Ernest Johnson was executed on October 5, 2021. Despite significant evidence supporting Johnson’s claim that he is ineligible for the death penalty because of intellectual disability, the Missouri Supreme Court rejected his claim and denied a stay of execution on August 31, 2021. Johnson’s lawyers have filed a motion, as yet not ruled upon, seeking rehearing of that issue. If the court does not grant the motion, Johnson’s sole chance of survival rests on the Application for Executive Clemency his lawyers have filed with Governor Michael Parson.

On Monday, the governor said in a statement that Mr. Johnson would be executed on Tuesday as scheduled. “The state is prepared to deliver justice and carry out the lawful sentence Mr. Johnson received in accordance with the Missouri Supreme Court’s order,” Mr. Parson said.

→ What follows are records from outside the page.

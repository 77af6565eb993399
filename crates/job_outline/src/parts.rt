//! What the file of jobs has to know of the files before it.

ghost use Rattle.std.specs.Prelude.{◌≡◌, ◌<◌, ◌≤◌, All, IfOk, IfErr, IfSome, codes, length, map};
ghost use Rattle.input_schema.specs.declared.faults.SchemaError.TheVariants as schema_error;
ghost use Rattle.kinematics_schema.specs.Parameters.{others, parameter_count};
ghost use Rattle.job_outline.specs.Readings as spec;

use family_schema::Family;
use input_schema::{SchemaError, joined};
use job_schema::Frame;
use kinematics_schema::Kinematics;
use out_of_memory::OutOfMemory;
use sqlite_items::Items;
use std::alloc::Global;
use text_tokens::Name;

/// The name of the dimension.
fn dimension(alloc: Global) -> Result<Name, SchemaError>
    ensures name { IfOk result (λ name. name ≡ codes "d") }
    ensures err { IfErr result (λ e. e ≡ schema_error.OutOfMemory) }
{
    match Name::new(alloc, "d")? {
        Some(name) => Ok(name),
        None => unreachable!(),
    }
}

/// Copies of these names without the one at this place, if there is one.
fn without(alloc: Global, place: Option<usize>, names: &[Name]) -> Result<Items<Name>, SchemaError>
    requires { IfSome place (λ place. place < length names.now) }
    ensures names { IfOk result (λ found. found ≡ others place names.now) }
    ensures err { IfErr result (λ e. e ≡ schema_error.OutOfMemory) }
{
    let mut others = Items::from_vec(joined(alloc, names, &[])?);
    match place {
        Some(place) => {
            let _left_out = others.remove(place);
            Ok(others)
        }
        None => Ok(others),
    }
}

/// The names whose values the numeric point gives: the dimension, and the invariants but the one that is
/// replaced by 1.
pub fn parameters_of(alloc: Global, kinematics: &Kinematics) -> Result<Vec<Name>, SchemaError>
    requires { IfSome kinematics.now.symbol (λ place. place < length kinematics.now.invariants) }
    ensures names { IfOk result (λ names. names.items ≡ spec.parameters kinematics.now) }
    ensures count { IfOk result (λ names. length names.items ≡ parameter_count kinematics.now) }
    ensures err { IfErr result (λ e. e ≡ schema_error.OutOfMemory) }
{
    let dimension = [dimension(alloc)?];
    let others = without(alloc, kinematics.symbol, kinematics.invariants.as_slice())?;
    joined(alloc, &dimension, others.as_slice())
}

/// A copy of the name of a family.
fn name_of(alloc: Global, family: &Family) -> Result<Name, OutOfMemory>
    ensures { IfOk result (λ name. name ≡ family.now.name) }
{
    match Name::new(alloc, family.name.as_str())? {
        Some(name) => Ok(name),
        None => unreachable!(),
    }
}

/// Copies of the names of the families, in their order.
pub fn names_of(alloc: Global, families: &[Family]) -> Result<Vec<Name>, OutOfMemory>
    ensures { IfOk result (λ names. names.items ≡ spec.names_of families.now) }
{
    let mut names = Vec::new(alloc);
    for family in families {
        names.push(name_of(alloc, family)?)?;
    }
    Ok(names)
}

/// What the file of jobs has to know of a family.
fn frame_of(alloc: Global, family: &Family) -> Result<Frame, SchemaError>
    ensures frame { IfOk result (λ frame. frame ≡ spec.frame_of family.now) }
    ensures err { IfErr result (λ e. e ≡ schema_error.OutOfMemory) }
{
    Ok(Frame {
        width: family.width,
        top_level: Items::from_slice(alloc, family.top_sectors.as_slice())?,
    })
}

/// The same of each family, in their order.
pub fn frames_of(alloc: Global, families: &[Family]) -> Result<Vec<Frame>, SchemaError>
    requires { All (λ family. family.width ≤ 20) families.now }
    ensures frames { IfOk result (λ frames. frames.items ≡ map spec.frame_of families.now) }
    ensures widths { IfOk result (λ frames. All (λ frame. frame.width ≤ 20) frames.items) }
    ensures err { IfErr result (λ e. e ≡ schema_error.OutOfMemory) }
{
    let mut frames = Vec::new(alloc);
    for family in families {
        frames.push(frame_of(alloc, family)?)?;
    }
    Ok(frames)
}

On October 1, former Missouri Governor Bob Holden, who allowed 20 executions to proceed while he was in office, called on Governor Parson to exercise clemency. “Nothing excuses what Johnson did,” Holden wrote in a commentary in the Missouri Independent. “But if our state is to be guided by the rule of law, we must temper our understandable anger with reason and compassion for the most vulnerable among us, including Ernest Johnson.”

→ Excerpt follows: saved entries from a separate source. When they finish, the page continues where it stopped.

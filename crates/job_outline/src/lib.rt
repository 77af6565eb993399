//! Joins what the three files of a job and the words say, in the order in which they are read: the outline of the
//! job.
#![tactic(auto)]

mod laws;
mod outlines;
mod parts;
mod reader;

pub use laws::{outline_is_single, outlines_have_a_modulus, outlines_never_say_missing};
pub use outlines::Outline;
pub use parts::names_of;
pub use reader::read_outline;
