//! Laws of the reading of a job.

ghost use Rattle.job_outline.specs.Laws.{OutlineIsSingle, OutlinesHaveAModulus, OneSelection, OutlinesNeverSayMissing};

/// The same trees and words are read as one outline at most, or have one first fault at most, and never
/// both. It does nothing when it runs.
pub fn outline_is_single()
    ensures { OutlineIsSingle }
{
    kinematics_schema::reading_is_single();
    family_schema::reading_is_single();
}

/// The modulus of every outline is one that serves, and the same trees select the same, whatever the words
/// are. It does nothing when it runs.
pub fn outlines_have_a_modulus()
    ensures modulus { OutlinesHaveAModulus }
    ensures selection { OneSelection }
{
    kinematics_schema::reading_is_single();
    family_schema::reading_is_single();
}

/// The trees and words of a job are not refused as a file that is missing: only the loading of files says so.
/// It does nothing when it runs.
pub fn outlines_never_say_missing()
    ensures { OutlinesNeverSayMissing }
{
    kinematics_schema::reading_never_says_missing();
    family_schema::reading_never_says_missing();
    job_schema::reading_never_says_missing();
}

“A review of pertinent documents has prompted me to concur with advocates that Johnson is most certainly intellectually and developmentally disabled (IDD), and thus constitutionally barred from execution by the Atkins v. Virginia U.S. Supreme Court decision,” Holden wrote.

In an August 23 op-ed in the Missouri Times, Former Missouri Supreme Court Judge Michael Wolff also called for clemency, noting its purpose as a failsafe when the judicial system fails to correct its mistakes. “When I heard Mr. Johnson’s appeal as one of the seven judges of the Supreme Court of Missouri 13 years ago, the evidence was strong that Mr. Johnson was ineligible for the death penalty on account of intellectual disability …. The trial court process to determine Mr. Johnson’s intellectual disability was unreliable and inconsistent with medical science and legal precedent,” Wolff wrote.

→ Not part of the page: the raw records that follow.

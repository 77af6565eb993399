//! Reads the three files of a job and the words.

ghost use Rattle.std.specs.Prelude.{◌≡◌, ◌≤◌, All, IfOk, length, map};
ghost use Rattle.input_schema.specs.Readings.{Answers, Gives};
ghost use Rattle.seed_sets.specs.Seeds.{IsFitting};
ghost use Rattle.kinematics_schema.specs.Sound as kinematics_file;
ghost use Rattle.job_schema.specs.Jobs.{jobs};
ghost use Rattle.job_schema.specs.Overrides.{numeric_point};
ghost use Rattle.job_outline.specs.Outlines.{AreFamilies, IsSelection};
ghost use Rattle.job_outline.specs.Shapes.{shapes_of};
ghost use Rattle.job_outline.specs.Readings.{names_of, frame_of, ReadsJob, ReadsOutline};

use crate::outlines::Outline;
use crate::parts::{frames_of, names_of, parameters_of};
use family_schema::Family;
use input_schema::SchemaError;
use job_schema::{Job, NumericPoint, Override, PointInput, override_point, read_jobs};
use kinematics_schema::Kinematics;
use sqlite_items::Items;
use std::alloc::Global;
use text_tokens::Name;
use yaml_text::Tree;

/// What the file of jobs says, where the job has these families and parameters.
fn job_of(
    alloc: Global,
    families: &[Family],
    parameters: &[Name],
    tree: &Tree,
) -> Result<Job, SchemaError>
    requires few { length families.now ≤ 16 }
    requires widths { All (λ family. family.width ≤ 20) families.now }
    ensures reduce { IfOk result (λ job. All (IsFitting (shapes_of families.now)) job.reduce) }
    ensures select { IfOk result (λ job. IsSelection families.now job.select) }
    ensures job { Gives (jobs (names_of families.now) (map frame_of families.now) parameters.now tree.now) result }
    ensures settings { IfOk result (λ job. length job.point.settings ≡ length parameters.now) }
{
    let names = names_of(alloc, families)?;
    let frames = frames_of(alloc, families)?;
    read_jobs(alloc, &names, &frames, parameters, tree)
}

/// The numeric point of the file with the values of the words, for these parameters.
fn point_of(
    alloc: Global,
    parameters: &[Name],
    point: PointInput,
    words: &[Override],
) -> Result<NumericPoint, SchemaError>
    requires { length point.settings ≡ length parameters.now }
    ensures point { Gives (numeric_point parameters.now point words.now) result }
    ensures settings { IfOk result (λ found. length found.settings ≡ length parameters.now) }
{
    override_point(alloc, parameters, point, words)
}

/// What the file of jobs and then the words say, where the files before say this.
fn read_job(
    alloc: Global,
    kinematics: Kinematics,
    families: Items<Family>,
    tree: &Tree,
    words: &[Override],
) -> Result<Outline, SchemaError>
    requires kinematics_sound { kinematics_file.IsSound kinematics }
    requires families_sound { AreFamilies kinematics families }
    ensures { Answers (ReadsJob kinematics families tree.now words.now) result }
{
    let parameters = parameters_of(alloc, &kinematics)?;
    let job = job_of(alloc, families.as_slice(), &parameters, tree)?;
    let Job {
        reduce,
        select,
        point,
    } = job;
    let point = point_of(alloc, &parameters, point, words)?;
    Ok(Outline {
        kinematics,
        families,
        reduce,
        select,
        point,
    })
}

/// What the three files of a job and then the words say. The trees are walked in the order kinematics,
/// families, jobs, and then the words.
///
/// # Errors
///
/// The first fault in this order, with its file, line and kind: `ReadsOutline` of `specs/Readings.antt` says
/// which it is; or that memory was refused.
pub fn read_outline(
    alloc: Global,
    families: &Tree,
    kinematics: &Tree,
    jobs: &Tree,
    words: &[Override],
) -> Result<Outline, SchemaError>
    ensures { Answers (ReadsOutline families.now kinematics.now jobs.now words.now) result }
{
    let kinematics = kinematics_schema::read(alloc, kinematics)?;
    let families = family_schema::read(alloc, &kinematics, families)?;
    read_job(alloc, kinematics, families, jobs, words)
}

“Mr. Johnson,” Wolff said, “is a person with intellectual deficits so significant that a reasonable jury would not have recommended execution. Under constitutional standards, his execution would constitute cruel and unusual punishment in violation of the Constitution as interpreted for decades in U.S. Supreme Court decisions.”

On October 1, Pope Francis, through Vatican diplomatic representative Archbishop Christophe Pierre, called on Parson to exercise mercy. Halting Johnson execution, Pierre wrote, would be a “courageous recognition of the inalienable dignity of all human life.”